impl Machine {
    /// Tries an assumption on the call, and answers whether it fits: then its conditions are entered,
    /// and what is left becomes an alternative. Where it doesn't fit, all is as before. One that the
    /// key of the call passes over isn't made.
    fn try_assumption<C: Clauses>(
        &mut self,
        code: &C,
        call: &Call<'_>,
        key: Key,
        hyp: &Hyp,
        place: usize,
        others: &HypIter<'_>,
    ) -> Result<bool, UnifyStop>
        requires code { (p : Program) × (C.stands (code_nodes self.old.world) code.now p) }
        requires call { IsCall self.old call.now }
        requires key { key ≡ key_of_call self.old.world.heap call.now }
        requires left { drop place (hyps_for call.now.pred.0 call.now.goal.now.context) ≡ hyp.now ∷ others.now }
        ensures answer { IfOk result (λ b. (p : Program) (modes : Option (List Bool)) → C.stands (code_nodes self.old.world) code.now p → modes ≡ modes_of p call.now.pred.0 → HasInputs call.now modes → MatchBool b
            (HasEntered p self.old self.new call.now.goal.now modes (of_assumption place (assumption_in self.old.world.heap hyp.now)) (later_of p (branch_of self.old).goals call.now.pred.0 (LaterVariants.Assumptions (suc place) others.now)))
            (tried_here self.old call.now.goal.now modes (of_assumption place (assumption_in self.old.world.heap hyp.now)) ≡ Clashes)) }
        ensures same { IfOk result (λ b. b ≡ false → self.new ≡ self.old) }
        ensures stops { IfErr result (λ stop. (modes : Option (List Bool)) → HasInputs call.now modes → BreaksSo (tried_here self.old call.now.goal.now modes (of_assumption place (assumption_in self.old.world.heap hyp.now))) stop) }
        ensures phase { self.new.phase ≡ self.old.phase }
        ensures code { code_nodes self.new.world ≡ code_nodes self.old.world }
    {
        self.is_fine();
        if self.passes_over(call, key, hyp) {
            return Ok(false);
        }
        let later = self.left_after(code, call, key, place, others)?;
        let (mark, first) = self.here();
        let first_fresh = self.next_var();
        let barrier = self.alternatives();
        let made = self.assumed_instance(hyp, call.goal.depth)?;
        match self.fit(made.heads.as_slice(), call, first_fresh) {
            Ok(true) => {}
            Ok(false) => {
                self.retreat(mark, first);
                return Ok(false);
            }
            Err(stop) => return Err(stop),
        }
        self.leave_rest(mark, first, call.pred, later)?;
        self.enter_all(call.goal, barrier, made.body.as_slice(), Choice::Hyp(place))?;
        Ok(true)
    }

    /// Tries assumptions of the call's constant, of which the first has this place, in order, and
    /// answers whether one fits: then it is as after that assumption. Where all clash, all is as before.
    fn resolve_assumptions<C: Clauses>(
        &mut self,
        code: &C,
        call: &Call<'_>,
        key: Key,
        place: usize,
        hyps: HypIter<'_>,
    ) -> Result<bool, UnifyStop>
        requires code { (p : Program) × (C.stands (code_nodes self.old.world) code.now p) }
        requires call { IsCall self.old call.now }
        requires key { key ≡ key_of_call self.old.world.heap call.now }
        requires left { hyps ≡ drop place (hyps_for call.now.pred.0 call.now.goal.now.context) }
        ensures answer { IfOk result (λ b. (p : Program) → C.stands (code_nodes self.old.world) code.now p → HasInputs call.now (modes_of p call.now.pred.0) → MatchBool b
            (HasResolvedLater p self.old self.new call.now.goal.now call.now.pred.0 (LaterVariants.Assumptions place hyps.entry) (modes_of p call.now.pred.0))
            (resolved_later p self.old call.now.goal.now call.now.pred.0 (LaterVariants.Assumptions place hyps.entry) (modes_of p call.now.pred.0) ≡ resolved_later p self.old call.now.goal.now call.now.pred.0 (LaterVariants.Clauses 0) (modes_of p call.now.pred.0))) }
        ensures same { IfOk result (λ b. b ≡ false → self.new ≡ self.old) }
        ensures stops { IfErr result (λ stop. (p : Program) → C.stands (code_nodes self.old.world) code.now p → HasInputs call.now (modes_of p call.now.pred.0)
            → ResolvedStops (resolved_later p self.old call.now.goal.now call.now.pred.0 (LaterVariants.Assumptions place hyps.entry) (modes_of p call.now.pred.0)) stop) }
        ensures phase { self.new.phase ≡ self.old.phase }
        ensures code { code_nodes self.new.world ≡ code_nodes self.old.world }
    {
        let mut left = hyps;
        let mut at = place;
        while let Some(hyp) = left.next() {
            let following = one_more(at)?;
            match self.try_assumption(code, call, key, hyp, at, &left) {
                Ok(true) => return Ok(true),
                Ok(false) => {}
                Err(stop) => return Err(stop),
            }
            at = following;
        }
        Ok(false)
    }

    /// Tries assumptions of the call's constant, of which the first has this place, and then the
    /// program's clauses, by the key of the call, and answers whether one fits. Where all clash, all is
    /// as before.
    fn resolve_by<C: Clauses>(
        &mut self,
        code: &C,
        call: &Call<'_>,
        key: Key,
        place: usize,
        hyps: HypIter<'_>,
    ) -> Result<bool, UnifyStop>
        requires code { (p : Program) × (C.stands (code_nodes self.old.world) code.now p) }
        requires call { IsCall self.old call.now }
        requires key { key ≡ key_of_call self.old.world.heap call.now }
        requires left { hyps ≡ drop place (hyps_for call.now.pred.0 call.now.goal.now.context) }
        ensures answer { IfOk result (λ b. (p : Program) → C.stands (code_nodes self.old.world) code.now p → HasInputs call.now (modes_of p call.now.pred.0) → MatchBool b
            (HasResolvedLater p self.old self.new call.now.goal.now call.now.pred.0 (LaterVariants.Assumptions place hyps.entry) (modes_of p call.now.pred.0))
            (resolved_later p self.old call.now.goal.now call.now.pred.0 (LaterVariants.Assumptions place hyps.entry) (modes_of p call.now.pred.0) ≡ None)) }
        ensures same { IfOk result (λ b. b ≡ false → self.new ≡ self.old) }
        ensures stops { IfErr result (λ stop. (p : Program) → C.stands (code_nodes self.old.world) code.now p → HasInputs call.now (modes_of p call.now.pred.0)
            → ResolvedStops (resolved_later p self.old call.now.goal.now call.now.pred.0 (LaterVariants.Assumptions place hyps.entry) (modes_of p call.now.pred.0)) stop) }
        ensures phase { self.new.phase ≡ self.old.phase }
        ensures code { code_nodes self.new.world ≡ code_nodes self.old.world }
    {
        match self.resolve_assumptions(code, call, key, place, hyps) {
            Ok(true) => return Ok(true),
            Ok(false) => {}
            Err(stop) => return Err(stop),
        }
        match self.resolve(code, call, key, 0) {
            Ok(fits) => Ok(fits),
            Err(stop) => Err(stop),
        }
    }

    /// Tries assumptions of the call's constant, of which the first has this place, and then the
    /// program's clauses, and answers whether one fits. Where all clash, all is as before.
    pub(crate) fn resolve_from<C: Clauses>(
        &mut self,
        code: &C,
        call: &Call<'_>,
        place: usize,
        hyps: HypIter<'_>,
    ) -> Result<bool, UnifyStop>
        requires code { (p : Program) × (C.stands (code_nodes self.old.world) code.now p) }
        requires call { IsCall self.old call.now }
        requires left { hyps ≡ drop place (hyps_for call.now.pred.0 call.now.goal.now.context) }
        ensures answer { IfOk result (λ b. (p : Program) → C.stands (code_nodes self.old.world) code.now p → HasInputs call.now (modes_of p call.now.pred.0) → MatchBool b
            (HasResolvedLater p self.old self.new call.now.goal.now call.now.pred.0 (LaterVariants.Assumptions place hyps.entry) (modes_of p call.now.pred.0))
            (resolved_later p self.old call.now.goal.now call.now.pred.0 (LaterVariants.Assumptions place hyps.entry) (modes_of p call.now.pred.0) ≡ None)) }
        ensures same { IfOk result (λ b. b ≡ false → self.new ≡ self.old) }
        ensures stops { IfErr result (λ stop. (p : Program) → C.stands (code_nodes self.old.world) code.now p → HasInputs call.now (modes_of p call.now.pred.0)
            → ResolvedStops (resolved_later p self.old call.now.goal.now call.now.pred.0 (LaterVariants.Assumptions place hyps.entry) (modes_of p call.now.pred.0)) stop) }
        ensures phase { self.new.phase ≡ self.old.phase }
        ensures code { code_nodes self.new.world ≡ code_nodes self.old.world }
    {
        let key = self.key_of(call)?;
        self.resolve_by(code, call, key, place, hyps)
    }

    /// Tries what is left of a call, and answers whether anything fits. Where all clashes, all is as
    /// before.
    pub(crate) fn resolve_later<C: Clauses>(
        &mut self,
        code: &C,
        call: &Call<'_>,
        later: &Later,
    ) -> Result<bool, UnifyStop>
        requires code { (p : Program) × (C.stands (code_nodes self.old.world) code.now p) }
        requires call { IsCall self.old call.now }
        requires left { IsLaterOf call.now.goal.now.context call.now.pred later.now }
        ensures answer { IfOk result (λ b. (p : Program) → C.stands (code_nodes self.old.world) code.now p → HasInputs call.now (modes_of p call.now.pred.0) → MatchBool b
            (HasResolvedLater p self.old self.new call.now.goal.now call.now.pred.0 later.now (modes_of p call.now.pred.0))
            (resolved_later p self.old call.now.goal.now call.now.pred.0 later.now (modes_of p call.now.pred.0) ≡ None)) }
        ensures same { IfOk result (λ b. b ≡ false → self.new ≡ self.old) }
        ensures stops { IfErr result (λ stop. (p : Program) → C.stands (code_nodes self.old.world) code.now p → HasInputs call.now (modes_of p call.now.pred.0)
            → ResolvedStops (resolved_later p self.old call.now.goal.now call.now.pred.0 later.now (modes_of p call.now.pred.0)) stop) }
        ensures phase { self.new.phase ≡ self.old.phase }
        ensures code { code_nodes self.new.world ≡ code_nodes self.old.world }
    {
        match later {
            Later::Assumptions(place, tail) => self.resolve_from(code, call, *place, tail.iter()),
            Later::Clauses(from) => self.resolve_clauses(code, call, *from),
        }
    }
}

* WHAT IS NEEDED
Each line carrying the string "others" should be copied out from the entries.

* FINAL ANSWER
        others: &HypIter<'_>,
        requires left { drop place (hyps_for call.now.pred.0 call.now.goal.now.context) ≡ hyp.now ∷ others.now }
            (HasEntered p self.old self.new call.now.goal.now modes (of_assumption place (assumption_in self.old.world.heap hyp.now)) (later_of p (branch_of self.old).goals call.now.pred.0 (LaterVariants.Assumptions (suc place) others.now)))
        let later = self.left_after(code, call, key, place, others)?;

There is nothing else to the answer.